Half of infinity is still infinity ;-]
It's just not a possibility, which should be obvious if you look at
the quantity of information involved. Let M be a measure of the
information stored via distributed methylation patterns across some
number of neurons N. The amount of information stored by a single
neuron's methylated DNA is going to be much smaller than M (roughly
M/N). A single germ cell which might conceivably inherit the
methylation pattern from some single neuron would not be able to
convey any more than a [1/N] piece of the total information that
makes up M.
Now you're just trying to make me think ;-).
Okay, try this.
[heck, you don't have to: I am just playing with ideas here...]
The methylation pattern has not necessarily been shown to *only* store
information in a distributed pattern of activation - the jury's out on
that one (correct me if I'm wrong).
Suppose that the methylation end caps are just being used as a way
station for some mechanism whose *real* goal is to make modifications to
some patterns in the junk DNA. So, here I am suggesting that the junk
DNA of any particular neuron is being used to code for large numbers of
episodic memories (one memory per DNA strand, say), with each neuron
being used as a redundant store of many episodes. The same episode is
stored in multiple neurons, but each copy is complete. When we observe
changes in the methylation patterns, perhaps these are just part of the
transit mechanism, not the final destination for the pattern. To put it
in the language that Greg Bear would use, the endcaps were just part of
the "radio" system. (http://www.gregbear.com/books/darwinsradio.cfm)

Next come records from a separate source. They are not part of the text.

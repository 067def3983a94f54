//! The completion of a stack: tokens that lead from it to a stack that accepts.
ghost use Rattle.std.specs.Prelude.{◌≡◌, ◌<◌, ◌↔◌, [], IfOk, IsTrue};
ghost use Rattle.lrpar_grammar.specs.Grammar.{prod_len, prods_len};
ghost use Rattle.lrpar_table_sentences.specs.Choices.{AreShortest};
ghost use Rattle.lrpar_parse_completion.specs.Opening.{IsAfterPushed, IsRestPushed};

use crate::waiting::{Link, waiting};
use lrpar_grammar::grammar::YaccGrammar;
use lrpar_grammar::span::{PIdx, StIdx, StorageIndex, Symbol, TIdx};
use lrpar_table_check::check::ParserData;
use lrpar_table_sentences::moves::Move;
use lrpar_table_sentences::shortest::Shortest;
use std::alloc::{AllocError, Global};

/// What the completion of a stack needs: a checked table, and the minimal sentences of its grammar's rules.
#[derive(Drop)]
pub(crate) struct Completer<'a, StorageT: StorageIndex> {
    pub(crate) data: &'a ParserData<StorageT>,
    pub(crate) shortest: &'a Shortest<StorageT>,
}

impl<'a, StorageT: StorageIndex> Completer<'a, StorageT> {
    ghost use Rattle.lrpar_parse_completion.specs.CompleterView.{CompletesStack, FindsCompletion, HasBegun, HasProd, HasState, IsKernelOf, IsOpening, KnowsShortest};

    /// The completion of the stack, bottom first: a minimal sentence of the symbols after the dot of a kernel item of the top state, and
    /// then, for each item whose rule this ends, of those after the rule in an item that waits for it, down to the start item.
    ///
    /// There is one, if the table is viable and complete and its reachable rules are productive.
    pub(crate) fn completion(
        &self,
        alloc: Global,
        stack: &[StIdx<StorageT>],
    ) -> Result<Option<Vec<TIdx<StorageT>>>, AllocError>
        requires shortest { KnowsShortest self.now }
        ensures { IfOk result (CompletesStack StorageT.index self.now stack.now) }
    {
        let mut tokens = Vec::new(alloc);
        if self.push_completion(alloc, stack, &mut tokens)? {
            Ok(Some(tokens))
        } else {
            Ok(None)
        }
    }

    // Puts the tokens of the completion into the empty list; returns whether there is one.
    fn push_completion(
        &self,
        alloc: Global,
        stack: &[StIdx<StorageT>],
        tokens: &mut Vec<TIdx<StorageT>>,
    ) -> Result<bool, AllocError>
        requires shortest { KnowsShortest self.now }
        requires empty { tokens.old.items ≡ [] }
        ensures { IfOk result (FindsCompletion StorageT.index self.now stack.now tokens.new) }
    {
        let _lemma = self.data.stable();
        if stack.is_empty() {
            return Ok(false);
        }
        let mut place = stack.len() - 1;
        let top = stack[place];
        if !self.has_state(top) {
            return Ok(false);
        }
        let start = usize::from(self.data.grm().start_prod());
        let (mut prod, mut dot) = self.kernel_core(top);
        let grm = self.data.grm();
        let rest = &grm.prod(prod)[dot..];
        if !push_rest(alloc, grm, self.shortest, tokens, rest)? {
            return Ok(false);
        }
        'items: while usize::from(prod) != start {
            if dot == 0 {
                return Ok(false);
            }
            if place < dot {
                return Ok(false);
            }
            place -= dot;
            let base = stack[place];
            if !self.has_state(base) {
                return Ok(false);
            }
            let Some((next, at)) = self.find_opener(alloc, base, prod, tokens)? else {
                return Ok(false);
            };
            prod = next;
            dot = at;
        }
        Ok(true)
    }

    // Whether the state is one of the table.
    fn has_state(&self, state: StIdx<StorageT>) -> bool
        ensures { IsTrue result ↔ HasState StorageT.index self.now state }
    {
        usize::from(state) < self.data.sgraph().states_len()
    }

    // The core of the first kernel item of the state; that of the start item, if the state has none.
    fn kernel_core(&self, state: StIdx<StorageT>) -> (PIdx<StorageT>, usize)
        requires { HasState StorageT.index self.now state }
        ensures { IsKernelOf StorageT.index self.now state result }
    {
        let _lemma = self.data.stable();
        let cores = self.data.sgraph().begun_cores(state);
        if cores.is_empty() {
            return (self.data.grm().start_prod(), 0);
        }
        cores[0]
    }

    // Whether the core is that of a kernel item, or of an item of the start production.
    fn is_kernel(&self, prod: PIdx<StorageT>, dot: usize) -> bool
        ensures { IsTrue result ↔ HasBegun StorageT.index self.now prod dot }
    {
        dot > 0 || usize::from(prod) == usize::from(self.data.grm().start_prod())
    }

    // The core of an item of the state by which the production was opened: a kernel item or the start item. Appends minimal sentences of
    // what comes after the production's rule there, and after the rules of the items between.
    //
    // An item comes later in the list of those that wait for rules than the one that waits for its own rule.
    fn find_opener(
        &self,
        alloc: Global,
        state: StIdx<StorageT>,
        prod: PIdx<StorageT>,
        tokens: &mut Vec<TIdx<StorageT>>,
    ) -> Result<Option<(PIdx<StorageT>, usize)>, AllocError>
        requires shortest { KnowsShortest self.now }
        requires state { HasState StorageT.index self.now state }
        requires prod { HasProd StorageT.index self.now prod }
        ensures { IfOk result (IsOpening StorageT.index self.now state prod tokens.old tokens.new) }
    {
        let grm = self.data.grm();
        let _lemma = self.data.stable();
        let links = waiting(alloc, self.data, state)?;
        let mut wanted = grm.prod_to_rule(prod);
        let mut place = links.len();
        'links: while place > 0 {
            place -= 1;
            let link = links[place];
            if usize::from(link.rule) != usize::from(wanted) {
                continue;
            }
            if !push_after(alloc, grm, self.shortest, tokens, link)? {
                return Ok(None);
            }
            if self.is_kernel(link.prod, link.dot) {
                return Ok(Some((link.prod, link.dot)));
            }
            wanted = grm.prod_to_rule(link.prod);
        }
        Ok(None)
    }
}

// Appends the tokens of a minimal sentence of the symbols after the link's rule; returns whether there is one.
fn push_after<StorageT: StorageIndex>(
    alloc: Global,
    grm: &YaccGrammar<StorageT>,
    shortest: &Shortest<StorageT>,
    tokens: &mut Vec<TIdx<StorageT>>,
    link: Link<StorageT>,
) -> Result<bool, AllocError>
    requires shortest { AreShortest grm.now usize.MAX shortest.now }
    requires prod { StorageT.index link.prod.0 < prods_len grm.now }
    requires dot { link.dot < prod_len grm.now (StorageT.index link.prod.0) }
    ensures { IfOk result (IsAfterPushed StorageT.index grm.now link tokens.old tokens.new) }
{
    let rest = &grm.prod(link.prod)[link.dot + 1..];
    push_rest(alloc, grm, shortest, tokens, rest)
}

/// Appends the tokens of a minimal sentence of the symbols; returns whether there is one.
pub(crate) fn push_rest<StorageT: StorageIndex>(
    alloc: Global,
    grm: &YaccGrammar<StorageT>,
    shortest: &Shortest<StorageT>,
    tokens: &mut Vec<TIdx<StorageT>>,
    symbols: &[Symbol<StorageT>],
) -> Result<bool, AllocError>
    requires shortest { AreShortest grm.now usize.MAX shortest.now }
    ensures { IfOk result (IsRestPushed StorageT.index grm.now symbols.now tokens.old tokens.new) }
{
    if shortest.len_of_all(symbols).is_none() {
        return Ok(false);
    }
    let mut moves = Vec::new(alloc);
    shortest.push_all_moves(alloc, &mut moves, grm, symbols)?;
    for step in moves {
        let Move::Take(token) = step else {
            continue;
        };
        tokens.push(token)?;
    }
    Ok(true)
}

Now suppose that part of the junk sequences that code for these memories
are actually using a distributed coding scheme *within* the strand (in
the manner of a good old fashioned backprop neural net, shall we say).
That would mean that, contrary to what I said in the above paragraph,
the individual strands were coding a bunch of different episodic memory
traces, not just one.
(It is even possible that the old idea of flashbulb memories may survive
the critiques that have been launched against it ... and in that case,
it could be that what we are talking about here is the mechanism for
storing that particular set of memories. And in that case, perhaps the
system expects so few of them, that all DNA strands everywhere in the
system are dedicated to storing just the individual's store of flashbulb
memories).
Now, finally, suppose that there is some mechanism for "radioing" these
memories to distribute them around the system ... and that the radio
network extends as far as the germ DNA.
Now, the offspring could get the mixed flashbulb memories of its
parents, in perhaps very dilute or noisy form.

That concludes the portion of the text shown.